The Complete Picture¶
You've Made It¶
If you've read through every lesson in order, you now understand every single line of microgpt.py. Let's zoom out and see the whole thing as one coherent story.
The Story of 200 Lines¶
"Let there be data."
We start with a text file of 32,000 human names. Each name is a sequence of characters. We build a tokenizer: 26 letters + 1 BOS token = 27 tokens total.
What we built: A dataset and a way to encode/decode text.
"Let there be learning."
We build a tiny automatic differentiation engine — the Value class. Every number remembers how it was computed. When we call backward(), it walks the computation graph in reverse, computing derivatives using the chain rule.
What we built: An autograd engine that makes training possible.
"Let there be intelligence."
We initialize ~4,000 random parameters and define the architecture:
Embed → Normalize → Attend → Think → Predict
- Embeddings give each token a rich representation
- Attention lets tokens look at their context
- MLP does non-linear processing
- Residual connections preserve information
- RMSNorm keeps values stable
What we built: A Transformer that maps tokens to predictions.
"Let there be knowledge."
The model starts knowing nothing. Over 500 steps, we show it names, measure prediction error (cross-entropy), compute gradients (backpropagation), and adjust parameters (Adam with cosine decay).
The loss drops from ~3.3 (random chance) to ~1.5 (reasonably good).
What we built: A training loop that instills knowledge into parameters.
"Let there be creation."
We generate 20 new names: start with BOS, predict characters one at a time, sample with temperature=0.5, stop when BOS reappears.
What we built: An inference loop that generates new text.
The Complete Dependency Map¶
flowchart TD
DATA["Data<br>(names.txt)"] --> TOK["Tokenizer<br>(chars → IDs)"]
TOK --> AG["Autograd Engine<br>(Value class)"]
AG --> PARAMS["Parameters<br>(4,064 Values)"]
AG --> ARCH["Architecture<br>(gpt function)"]
PARAMS --> TRAIN["Training Loop"]
ARCH --> TRAIN
TRAIN --> TRAINED["Trained Parameters"]
TRAINED --> INF["Inference Loop"]
INF --> NAMES["Generated Names"] microgpt.py vs. ChatGPT¶
| microgpt.py | ChatGPT | Same algorithm? |
|---|---|---|
| Character-level tokenizer | BPE tokenizer (50k+ tokens) | |
Value class (Python) | PyTorch autograd (CUDA) | |
| 4,064 params | 175B+ params | |
| 1 layer, 4 heads | 96 layers, 96 heads | |
| 500 training steps | Millions of steps | |
| 1 CPU | Thousands of GPUs | |
| names.txt | Terabytes of internet text |
Everything else is just efficiency
The algorithm is identical. The differences are scale (more parameters, data, compute), speed (GPU acceleration), and polish (better tokenizers, fine-tuning, RLHF). But the fundamental loop — embed, attend, predict, compute loss, backpropagate, update — is the same.

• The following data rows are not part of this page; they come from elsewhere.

//! The reserved words.

ghost use Rattle.std.specs.Prelude.{◌≡◌};
ghost use Rattle.lift_reader.specs.Words.{spelling, word_of};

/// A reserved word, which is no name.
#[derive(Clone, Copy, PartialEq, Eq)]
pub enum Word {
    Size,
    Multiple,
    From,
    To,
    Input,
    Output,
    U32,
    Add,
    Mul,
    Min,
    Max,
    And,
    Or,
    Xor,
    Sub,
    Shl,
    Shr,
    Lt,
    Eq,
    Div,
    Rem,
    Select,
    Pair,
    First,
    Second,
    Let,
    In,
    Map,
    Reduce,
    Fold,
    Zip,
    Join,
    Transpose,
    Split,
    Reverse,
    Stride,
    Slide,
    Pad,
    MapGlb,
    MapWrg,
    MapLcl,
    MapSeq,
    FoldSeq,
    ToLocal,
    ToPrivate,
}

const WORDS: [Word; 45] = [
    Word::Size,
    Word::Multiple,
    Word::From,
    Word::To,
    Word::Input,
    Word::Output,
    Word::U32,
    Word::Add,
    Word::Mul,
    Word::Min,
    Word::Max,
    Word::And,
    Word::Or,
    Word::Xor,
    Word::Sub,
    Word::Shl,
    Word::Shr,
    Word::Lt,
    Word::Eq,
    Word::Div,
    Word::Rem,
    Word::Select,
    Word::Pair,
    Word::First,
    Word::Second,
    Word::Let,
    Word::In,
    Word::Map,
    Word::Reduce,
    Word::Fold,
    Word::Zip,
    Word::Join,
    Word::Transpose,
    Word::Split,
    Word::Reverse,
    Word::Stride,
    Word::Slide,
    Word::Pad,
    Word::MapGlb,
    Word::MapWrg,
    Word::MapLcl,
    Word::MapSeq,
    Word::FoldSeq,
    Word::ToLocal,
    Word::ToPrivate,
];

impl Word {
    /// The bytes by which a text writes the word.
    pub fn spelling(self) -> &'static [u8]
        ensures { result.now ≡ spelling self }
    {
        match self {
            Word::Size => b"size",
            Word::Multiple => b"multiple",
            Word::From => b"from",
            Word::To => b"to",
            Word::Input => b"input",
            Word::Output => b"output",
            Word::U32 => b"u32",
            Word::Add => b"add",
            Word::Mul => b"mul",
            Word::Min => b"min",
            Word::Max => b"max",
            Word::And => b"and",
            Word::Or => b"or",
            Word::Xor => b"xor",
            Word::Sub => b"sub",
            Word::Shl => b"shl",
            Word::Shr => b"shr",
            Word::Lt => b"lt",
            Word::Eq => b"eq",
            Word::Div => b"div",
            Word::Rem => b"rem",
            Word::Select => b"select",
            Word::Pair => b"pair",
            Word::First => b"first",
            Word::Second => b"second",
            Word::Let => b"let",
            Word::In => b"in",
            Word::Map => b"map",
            Word::Reduce => b"reduce",
            Word::Fold => b"fold",
            Word::Zip => b"zip",
            Word::Join => b"join",
            Word::Transpose => b"transpose",
            Word::Split => b"split",
            Word::Reverse => b"reverse",
            Word::Stride => b"stride",
            Word::Slide => b"slide",
            Word::Pad => b"pad",
            Word::MapGlb => b"mapGlb",
            Word::MapWrg => b"mapWrg",
            Word::MapLcl => b"mapLcl",
            Word::MapSeq => b"mapSeq",
            Word::FoldSeq => b"foldSeq",
            Word::ToLocal => b"toLocal",
            Word::ToPrivate => b"toPrivate",
        }
    }

    /// The word that a text writes by these bytes.
    #[tactic(auto, unfolding(crate::specs::Words::word_of))]
    pub fn from_bytes(bytes: &[u8]) -> Option<Word>
        ensures { result ≡ word_of bytes.now }
    {
        WORDS
            .iter()
            .copied()
            .find(|word| *word.spelling() == *bytes)
    }
}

Concepts You Now Understand¶
| Concept | What you know |
|---|---|
| Tokenization | Converting text to numbers and back |
| Embeddings | Representing tokens as learnable vectors |
| Attention | \(Q \cdot K / \sqrt{d_k}\) to compute relevance, weighted sum of \(V\) |
| Multi-head attention | Multiple parallel attention perspectives |
| Residual connections | Skip connections that preserve information |
| RMSNorm | Keeping values well-scaled |
| MLP | Non-linear processing (expand → activate → compress) |
| Forward pass | Computing predictions and building the graph |
| Backward pass | Computing gradients via chain rule |
| Cross-entropy loss | \(-\log(P(\text{correct}))\) |
| Adam optimizer | Momentum + adaptive learning rates |
| Temperature | Controlling generation randomness |
| Autoregressive generation | Each output becomes the next input |
Where to Go From Here¶
Experiments to try
- Change
n_embd(16 → 32) and see the effect - Change
temperature(0.5 → 0.1, 1.0, 2.0) - Train for more steps (500 → 2000)

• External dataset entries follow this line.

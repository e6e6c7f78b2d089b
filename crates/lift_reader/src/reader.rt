//! What a reading of a program has noted.

ghost use Rattle.std.specs.Prelude.{◌≡◌, IfOk, map, option_map};
ghost use Rattle.lift_tree.specs.Programs.{program_of};
ghost use Rattle.lift_reader.specs.Decided.{decided};
ghost use Rattle.lift_reader.specs.Forms.{nonterminal_of, action_of};
ghost use Rattle.lift_reader.specs.Grammar as grammar;
ghost use Rattle.lift_reader.specs.Grammar.{Noted, programs};
ghost use Rattle.lift_reader.specs.Noted.{noted_by, declared_size, declared_input};
ghost use Rattle.lift_reader.specs.ProgramText.{program_noted};
ghost use Rattle.lift_reader.specs.Rows.{same, table};
ghost use Rattle.lift_reader.specs.Shown.{lexeme};
ghost use Rattle.lift_reader.specs.Tokens.{Lexeme};

mod marks;
mod names;

use crate::alternatives::{
    give_array, give_element, give_inputs, give_length_rest, give_number, give_operator,
    give_product_rest, give_range, give_sizes, give_type,
};
use crate::grammar::{Action, Debts, Nonterminal};
use crate::token::Kind;
use indexmap::IndexMap;
use lift_tree::input_type::InputType;
use lift_tree::length::{Part, Product};
use lift_tree::program::{Identifier, Input, Program, Size};
use lift_tree::term::Term;
use readings::Notes;
use std::alloc::{AllocError, Global};
use std::collections::VecDeque;

/// What a size ranges over: the multiples of `multiple` from `from` to `to`.
#[derive(Drop)]
pub struct Range {
    pub multiple: u32,
    pub from: u32,
    pub to: u32,
}

/// The sizes and inputs declared so far by their names, in order; the binders in scope, the nearest
/// first; the types, products and terms made so far, the last first; and the parts of a length so
/// far.
#[derive(Drop)]
pub struct Reader<'a> {
    sizes: IndexMap<Vec<u8>, Range>,
    inputs: IndexMap<Vec<u8>, InputType>,
    scope: VecDeque<&'a [u8]>,
    types: VecDeque<InputType>,
    products: VecDeque<Product>,
    parts: Vec<Part>,
    made: VecDeque<Term>,
}

fn sizes_of(alloc: Global, sizes: IndexMap<Vec<u8>, Range>) -> Result<Vec<Size>, AllocError>
    ensures { IfOk result (λ v. v.items ≡ map declared_size sizes.entries) }
{
    sizes
        .into_iter()
        .map(|(name, range)| Size {
            name: Identifier::new(name),
            multiple: range.multiple,
            from: range.from,
            to: range.to,
        })
        .collect(alloc)
}

fn inputs_of(alloc: Global, inputs: IndexMap<Vec<u8>, InputType>) -> Result<Vec<Input>, AllocError>
    ensures { IfOk result (λ v. v.items ≡ map declared_input inputs.entries) }
{
    inputs
        .into_iter()
        .map(|(name, ty)| Input {
            name: Identifier::new(name),
            ty,
        })
        .collect(alloc)
}

fn is_same(a: Kind, b: Kind) -> bool
    ensures { result ≡ same (lexeme a.entry) (lexeme b.entry) }
{
    match (a, b) {
        (Kind::Word(a), Kind::Word(b)) => *a.spelling() == *b.spelling(),
        (Kind::Name(a), Kind::Name(b)) => *a == *b,
        (Kind::Number(a), Kind::Number(b)) => a == b,
        (Kind::Symbol(a), Kind::Symbol(b)) => a == b,
        (Kind::Wrong, Kind::Wrong) => true,
        _ => false,
    }
}

impl<'a> Reader<'a> {
    pub fn new(alloc: Global) -> Self
        ensures { noted_by result ≡ grammar.nothing }
    {
        Reader {
            sizes: IndexMap::new(alloc),
            inputs: IndexMap::new(alloc),
            scope: VecDeque::new(alloc),
            types: VecDeque::new(alloc),
            products: VecDeque::new(alloc),
            parts: Vec::new(alloc),
            made: VecDeque::new(alloc),
        }
    }

    /// The program that was noted.
    pub fn into_program(self, alloc: Global) -> Result<Option<Program>, AllocError>
        ensures { IfOk result (λ p.
            option_map program_of p ≡ program_noted (noted_by self.entry)) }
    {
        let Reader {
            sizes,
            inputs,
            scope: _,
            types: _,
            products: _,
            parts: _,
            mut made,
        } = self;
        match made.pop_front() {
            Some(body) => Ok(Some(Program {
                sizes: sizes_of(alloc, sizes)?,
                inputs: inputs_of(alloc, inputs)?,
                body,
            })),
            None => Ok(None),
        }
    }
}

impl<'a> Notes for Reader<'a> {
    type Token = Kind<'a>;

    type Form = Nonterminal<'a>;

    type Mark = Action<'a>;

    ghost PlainToken = { Lexeme };

    ghost PlainForm = { grammar.Nonterminal };

    ghost PlainMark = { grammar.Action };

    ghost PlainNotes = { Noted };

    ghost token_of = { lexeme };

    ghost form_of = { nonterminal_of };

    ghost mark_of = { action_of };

    ghost notes_of = { noted_by };

    ghost grammar = { programs };

    ghost table = { table };

    fn is_same(a: Kind<'a>, b: Kind<'a>) -> bool {
        is_same(a, b)
    }

    fn give(
        &self,
        form: Nonterminal<'a>,
        token: Kind<'a>,
        owed: &mut Debts<'a>,
    ) -> Result<bool, AllocError> {
        match form {
            Nonterminal::Sizes => give_sizes(token, owed),
            Nonterminal::Inputs => give_inputs(token, owed),
            Nonterminal::SizeRange(name) => give_range(name, token, owed),
            Nonterminal::ArrayType(depth) => give_array(depth, token, owed),
            Nonterminal::ElementType(depth) => give_element(depth, token, owed),
            Nonterminal::AnyType(depth) => give_type(depth, token, owed),
            Nonterminal::LengthRest(sign) => give_length_rest(sign, token, owed),
            Nonterminal::ProductRest(grouping, depth) => {
                give_product_rest(grouping, depth, token, owed)
            },
            Nonterminal::Term(depth) => self.give_term(depth, token, owed),
            Nonterminal::ReduceOperator(depth) => give_operator(depth, token, owed),
            _ => match token {
                Kind::Name(name) => self.give_name(form, name, owed),
                Kind::Number(number) => give_number(form, number, owed),
                _ => Ok(false),
            },
        }
    }

    fn mark(&mut self, alloc: Global, mark: Action<'a>) -> Result<bool, AllocError> {
        match mark {
            Action::DeclareSize(name, multiple, from, to) => {
                self.declare_size(alloc, name, multiple, from, to)
            }
            Action::DeclareInput(name) => self.declare_input(alloc, name),
            Action::NumberType => self.number_type(),
            Action::PairType => self.pair_types(alloc),
            Action::ArrayOf => self.array_of(alloc),
            Action::BeginProduct => self.begin_product(alloc),
            Action::Multiply(factor) => self.multiply(factor),
            Action::EndPart(sign) => self.end_part(sign),
            Action::Number(number) => self.leaf(Term::Number(number)),
            Action::Variable(index) => self.leaf(Term::Variable(index)),
            Action::Input(index) => self.leaf(Term::Input(index)),
            Action::Bind(name) => self.bind(name),
            Action::Unbind => Ok(self.scope.pop_front().is_some()),
            Action::Make1(form) => self.make1(alloc, form),
            Action::Make2(form) => self.make2(alloc, form),
            Action::Make3(form) => self.make3(alloc, form),
            Action::MakeByProduct(grouping) => self.make_by_product(alloc, grouping),
            Action::Finish => Ok(self.made.len() == 1),
        }
    }

    ghost decides = { decided };
}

- Use a different dataset (cities, words, anything)
Further reading
- Karpathy's "Let's build GPT" — video version of this journey
- The original Transformer paper: "Attention Is All You Need"
- GPT-2 paper
The Final Analogy¶
It's like learning that a car engine has just four strokes: intake, compress, ignite, exhaust. Everything else — turbochargers, fuel injection, cooling systems — is optimization. But the four strokes ARE the engine.
In our case:
- Embed (intake)
- Attend + Transform (compress + ignite)
- Predict → Loss → Gradient → Update (exhaust + repeat)
That's the engine. You now understand every moving part.